Collected data ::
//! The call for lists of edits by columns, each made on the result of the one before.
ghost use Rattle.std.specs.Prelude.{◌≡◌, option_map, IsTrue, IfOk};
ghost use Rattle.std.specs.List.{list_all};
ghost use Rattle.std.specs.Str.{is_utf8};
ghost use Rattle.ansi_columns.specs.Edits.{change_of, changes_of};
ghost use Rattle.ansi_calls.specs.ColumnSteps.{change_of_step, changes_of_steps, tails_of};
ghost use Rattle.ansi_calls.specs.ColumnSteps.{EditsColumns, GivesColumnsEdited};

use crate::columns::{alignment_of, side_of};
use ansi_columns::edits::ColumnEdit;
use ansi_safe::utf8::from_utf8;
use ansi_text_calls::answers::{Answer, NOT_UTF8, OUT_OF_MEMORY, REFUSED, write_text};
use std::alloc::{AllocError, Allocator};
use std::str::from_utf8_unchecked;

const EXPAND: u32 = 0;

const SLICE: u32 = 1;

const TRUNCATE: u32 = 2;

const PAD: u32 = 3;

const FIT: u32 = 4;

/// One edit by columns: its kind, an alignment or a side, two numbers and a tail. The kind says
/// which of these it uses.
#[repr(C)]
#[derive(Clone, Copy)]
pub struct ColumnStep<'a> {
    pub kind: u32,
    pub place: u32,
    pub first: usize,
    pub second: usize,
    pub tail: &'a [u8],
}

/// The text after all steps, each made on the result of the one before. The call is refused if there
/// is no such kind, alignment or side.
pub fn edit_columns<A: Allocator + Copy>(
    alloc: A,
    text: &[u8],
    steps: &[ColumnStep<'_>],
    buffer: &mut [u8],
) -> Answer
    ensures { EditsColumns text.now steps.now result buffer.old buffer.new }
{
    let Ok(text) = from_utf8(text) else {
        return Answer::failed(NOT_UTF8);
    };
    if !are_tails_utf8(steps) {
        return Answer::failed(NOT_UTF8);
    }
    edit_text(alloc, text, steps, buffer)
}

/// Whether the tail of each step is UTF-8.
fn are_tails_utf8(steps: &[ColumnStep<'_>]) -> bool
    ensures { result ≡ list_all is_utf8 (tails_of steps.now) }
{
    for step in steps {
        let Ok(_) = from_utf8(step.tail) else {
            return false;
        };
    }
    true
}

/// The same for texts that are known to be UTF-8.
#[tactic(auto, unfolding(crate::specs::ColumnSteps::GivesColumnsEdited))]
fn edit_text<A: Allocator + Copy>(
    alloc: A,
    text: &str,
    steps: &[ColumnStep<'_>],
    buffer: &mut [u8],
) -> Answer
    requires { IsTrue (list_all is_utf8 (tails_of steps.now)) }
    ensures { GivesColumnsEdited text.now steps.now result buffer.old buffer.new }
{
    match edits_of(alloc, steps) {
        Ok(Some(edits)) => {
            let edited = ansi_columns::edits::edit_columns(alloc, text, edits.as_slice());
            write_text(edited, buffer)
        }
        Ok(None) => Answer::failed(REFUSED),
        Err(_) => Answer::failed(OUT_OF_MEMORY),
    }
}

/// The edits of steps. `None` if a step is none.
fn edits_of<'a, A: Allocator>(
    alloc: A,
    steps: &[ColumnStep<'a>],
) -> Result<Option<Vec<ColumnEdit<'a>, A>>, AllocError>
    requires { IsTrue (list_all is_utf8 (tails_of steps.now)) }
    ensures { IfOk result (λ o.
        option_map (λ v. changes_of v.items) o ≡ changes_of_steps steps.now) }
{
    let mut edits = Vec::new(alloc);
    for step in steps {
        let tail = unsafe { from_utf8_unchecked(step.tail) };
        match edit_of(step, tail) {
            Some(edit) => edits.push(edit)?,
            None => return Ok(None),
        }
    }
    Ok(Some(edits))
}

/// The edit of a step with this tail. `None` if there is no such kind, alignment or side.
fn edit_of<'a>(step: &ColumnStep<'_>, tail: &'a str) -> Option<ColumnEdit<'a>>
    requires { tail.now ≡ step.now.tail.now }
    ensures { option_map change_of result ≡ change_of_step step.now }
{
    let width = step.first;
    match step.kind {
        EXPAND => Some(ColumnEdit::Expand(width)),
        SLICE => Some(ColumnEdit::Slice {
            start: step.first,
            end: Some(step.second),
        }),
        TRUNCATE => {
            let side = side_of(step.place)?;
            Some(ColumnEdit::Truncate { width, tail, side })
        }
        PAD => {
            let alignment = alignment_of(step.place)?;
            Some(ColumnEdit::Pad { width, alignment })
        }
        FIT => {
            let alignment = alignment_of(step.place)?;
            Some(ColumnEdit::Fit {
                width,
                alignment,
                tail,
            })
        }
        _ => None,
    }
}
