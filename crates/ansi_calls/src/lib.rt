//! The calls for other languages: what each returns, and how its result is written into the
//! caller's memory. Those that count no columns are of `ansi_text_calls`, which it passes on.
//!
//! A call takes bytes, checks that they are UTF-8, and allocates with the allocator that it takes.
//! `ansi_str_c` and `ansi_str_wasm` export these calls.
#![tactic(auto)]

pub mod column_edits;
pub mod columns;
pub mod lines;
mod shown;

pub use ansi_text_calls::{
    answers, blocks, edits, links, lists, pens, replacements, restyles, safe, searches, styles,
    texts, walks,
};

Task brief ::
Pick out each line above that includes "lists" and show it.

Response to the task ::
//! The call for lists of edits by columns, each made on the result of the one before.
    answers, blocks, edits, links, lists, pens, replacements, restyles, safe, searches, styles,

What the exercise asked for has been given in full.